Monday, January 16, 2012 by The New York Times
“I have a dream,” declared Martin Luther King, in a speech that
has lost none of its power to inspire. And some of that dream has come
true. When King spoke in the summer of 1963, America was a nation that
denied basic rights to millions of its citizens, simply because their
skin was the wrong color. Today racism is no longer embedded in law. And
while it has by no means been banished from the hearts of men, its grip
is far weaker than once it was.
To say the obvious: to look at a photo
of President Obama with his cabinet is to see a degree of racial
openness — and openness to women, too — that would have seemed almost
inconceivable in 1963. When we observe Martin Luther King’s Birthday, we
have something very real to celebrate: the civil rights movement was
one of America’s finest hours, and it made us a nation truer to its own
ideals.
Yet if King could see America now, I believe that he would be
disappointed, and feel that his work was nowhere near done. He dreamed
of a nation in which his children “will not be judged by the color of
their skin but by the content of their character.” But what we actually
became is a nation that judges people not by the color of their skin —
or at least not as much as in the past — but by the size of their
paychecks. And in America, more than in most other wealthy nations, the
size of your paycheck is strongly correlated with the size of your
father’s paycheck.
Goodbye Jim Crow, hello class system.
Economic inequality isn’t inherently a racial issue, and rising
inequality would be disturbing even if there weren’t a racial dimension.
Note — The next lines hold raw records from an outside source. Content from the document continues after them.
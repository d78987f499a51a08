//! The texts of answers on omega pairs.

ghost use Rattle.heyvl_acts.specs.Acts.{procedure_at};
ghost use Rattle.heyvl_acts.specs.FormSizes.{FormsWithin};
ghost use Rattle.heyvl_acts.specs.PlainActs.{procedures_of};
ghost use Rattle.heyvl_acts.specs.Rules.{Each, MeetsAllRules};
ghost use Rattle.lower_goals.specs.OmegaPairs.{OmegaPair};
ghost use Rattle.lower_texts.specs.OmegaTexts.{HasPair, IsFailsText, IsOmegaText, IsUnknownText};
ghost use Rattle.lower_texts.specs.OmegaTexts.{holds_text, step_text};
ghost use Rattle.std.specs.Prelude.{IfOk, OnOk, codes, length, ◌++◌, ◌<◌, ◌^◌, ◌≡◌};

use crate::causes::write_placed;
use crate::scopes::shown_variables;
use goal_answers::Cause;
use heylo_formula::Val;
use heyvl_acts::Typed;
use lower_goals::{Omega, Step, omega_goal};
use std::alloc::{AllocError, Global};
use verdict_report::{names_of_made, write_state};

/// Appends the name of the goal of a step.
fn write_step(text: &mut Vec<u8>, step: Step) -> Result<(), AllocError>
    ensures { OnOk result (text.new.items ≡ text.old.items ++ step_text step) }
{
    match step {
        Step::One => Ok(text.extend_from_slice(b"at most 1")?),
        Step::Base => Ok(text.extend_from_slice(b"base")?),
        Step::Turn => Ok(text.extend_from_slice(b"turn")?),
    }
}

/// Returns the beginning `P: omega: WHAT (STEP): ` of a line.
fn begun(alloc: Global, name: &[u8], what: &[u8], step: Step) -> Result<Vec<u8>, AllocError>
    ensures { IfOk result (λ text. text.items ≡ name.now ++ codes ": omega: " ++ what.now
        ++ codes " (" ++ step_text step ++ codes "): ") }
{
    let mut text = Vec::from_slice(alloc, name)?;
    text.extend_from_slice(b": omega: ")?;
    text.extend_from_slice(what)?;
    text.extend_from_slice(b" (")?;
    write_step(&mut text, step)?;
    text.extend_from_slice(b"): ")?;
    Ok(text)
}

/// Returns the line on a pair whose goals are proved.
fn holds_line(alloc: Global, name: &[u8]) -> Result<Vec<u8>, AllocError>
    ensures { IfOk result (λ text. text.items ≡ holds_text name.now) }
{
    let mut text = Vec::from_slice(alloc, name)?;
    text.extend_from_slice(b": omega: holds\n")?;
    Ok(text)
}

/// Returns the line on a goal that is falsified in this state.
fn fails_line(
    alloc: Global,
    typed: &Typed,
    p: u32,
    q: u32,
    step: Step,
    state: &[Val],
) -> Result<Vec<u8>, AllocError>
    requires first { p < length typed.now.procs.items }
    requires second { q < length typed.now.procs.items }
    requires rules { MeetsAllRules typed.now }
    requires small { Each (FormsWithin (2 ^ 27)) (procedures_of typed.now) }
    requires pair { OmegaPair (procedure_at (procedures_of typed.now) p)
        (procedure_at (procedures_of typed.now) q) }
    ensures { IfOk result (λ text.
        IsFailsText (procedures_of typed.now) p q step state.now text.items) }
{
    let procedure = &typed.procs[p as usize];
    let made = omega_goal(alloc, typed, p, q, step)?;
    let shown = shown_variables(alloc, procedure)?;
    let (names, own) = names_of_made(&made);
    let mut text = begun(alloc, procedure.name.as_bytes(), b"fails", step)?;
    write_state(alloc, &mut text, names, own, &shown, state)?;
    text.extend_from_slice(b"\n")?;
    Ok(text)
}

/// Returns the line on a goal that is not decided for this cause.
fn unknown_line(
    alloc: Global,
    bytes: &[u8],
    typed: &Typed,
    p: u32,
    q: u32,
    step: Step,
    cause: &Cause,
) -> Result<Vec<u8>, AllocError>
    requires short { length bytes.now < 2 ^ 31 }
    requires first { p < length typed.now.procs.items }
    requires second { q < length typed.now.procs.items }
    requires rules { MeetsAllRules typed.now }
    requires small { Each (FormsWithin (2 ^ 27)) (procedures_of typed.now) }
    requires pair { OmegaPair (procedure_at (procedures_of typed.now) p)
        (procedure_at (procedures_of typed.now) q) }
    ensures { IfOk result (λ text.
        IsUnknownText bytes.now (procedures_of typed.now) p q step cause.now text.items) }
{
    let procedure = &typed.procs[p as usize];
    let made = omega_goal(alloc, typed, p, q, step)?;
    let (names, own) = names_of_made(&made);
    let mut text = begun(alloc, procedure.name.as_bytes(), b"unknown", step)?;
    write_placed(&mut text, bytes, names, own, cause)?;
    text.extend_from_slice(b"\n")?;
    Ok(text)
}

/// Returns the line of the answer on the procedures `p` and `q` as an omega pair, in a file with
/// these bytes:
///
/// - `P: omega: holds`
/// - `P: omega: fails (STEP): STATE`, where the number of iterations has the name of the last input
///   of `q`
/// - `P: omega: unknown (STEP): CAUSE`
/// - `not an omega pair`
pub fn omega_text(
    alloc: Global,
    bytes: &[u8],
    typed: &Typed,
    p: u32,
    q: u32,
    answer: &Omega,
) -> Result<Vec<u8>, AllocError>
    requires short { length bytes.now < 2 ^ 31 }
    requires first { p < length typed.now.procs.items }
    requires second { q < length typed.now.procs.items }
    requires rules { MeetsAllRules typed.now }
    requires small { Each (FormsWithin (2 ^ 27)) (procedures_of typed.now) }
    requires pair { HasPair (procedures_of typed.now) p q answer.now }
    ensures { IfOk result (λ text.
        IsOmegaText bytes.now (procedures_of typed.now) p q answer.now text.items) }
{
    match answer {
        Omega::Holds => holds_line(alloc, typed.procs[p as usize].name.as_bytes()),
        Omega::Fails(step, state) => fails_line(alloc, typed, p, q, *step, state),
        Omega::Unknown(step, cause) => unknown_line(alloc, bytes, typed, p, q, *step, cause),
        Omega::Shape => Vec::from_slice(alloc, b"not an omega pair\n"),
    }
}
But American society being what it is, there are racial implications to
the way our incomes have been pulling apart. And in any case, King —
who was campaigning for higher wages when he was assassinated — would
surely have considered soaring inequality an evil to be opposed.
So, about that racial dimension: In the 1960s it was widely assumed
that ending overt discrimination would improve the economic as well as
legal status of minority groups. And at first this seemed to be
happening. Over the course of the 1960s and 1970s substantial numbers of
black families moved into the middle class, and even into the upper
middle class; the percentage of black households in the top 20 percent
of the income distribution nearly doubled.
But around 1980 the relative economic position of blacks in America
stopped improving. Why? An important part of the answer, surely, is that
circa 1980 income disparities in the United States began to widen
dramatically, turning us into a society more unequal than at any time
since the 1920s.
Think of the income distribution as a ladder, with different people
on different rungs. Starting around 1980, the rungs began moving ever
farther apart, adversely affecting black economic progress in two ways.
First, because many blacks were still on the lower rungs, they were left
behind as income at the top of the ladder soared while income near the
bottom stagnated. Second, as the rungs moved farther apart, the ladder
became harder to climb.
The Times recently reported
on a well-established finding that still surprises many Americans when
they hear about it: although we still see ourselves as the land of
opportunity, we actually have less intergenerational economic mobility
than other advanced nations. That is, the chances that someone born into
a low-income family will end up with high income, or vice versa, are
significantly lower here than in Canada or Europe.
And there’s every reason to believe that our low economic mobility has a lot to do with our high level of income inequality.
Last week Alan Krueger, chairman of the president’s Council of
Economic Advisers, gave an important speech about income inequality,
presenting a relationship he dubbed the “Great Gatsby Curve.” Highly
unequal countries, he showed, have low mobility: the more unequal a
society is, the greater the extent to which an individual’s economic
status is determined by his or her parents’ status. And as Mr. Krueger
pointed out, this relationship suggests that America in the year 2035
will have even less mobility than it has now, that it will be a place in
which the economic prospects of children largely reflect the class into
which they were born.
That is not a development we should meekly accept.
Mitt Romney says that we should discuss income inequality, if at all,
only in “quiet rooms.” There was a time when people said the same thing
about racial inequality. Luckily, however, there were people like
Martin Luther King who refused to stay quiet. And we should follow their
example today. For the fact is that rising inequality threatens to make
America a different and worse place — and we need to reverse that trend
to preserve both our values and our dreams.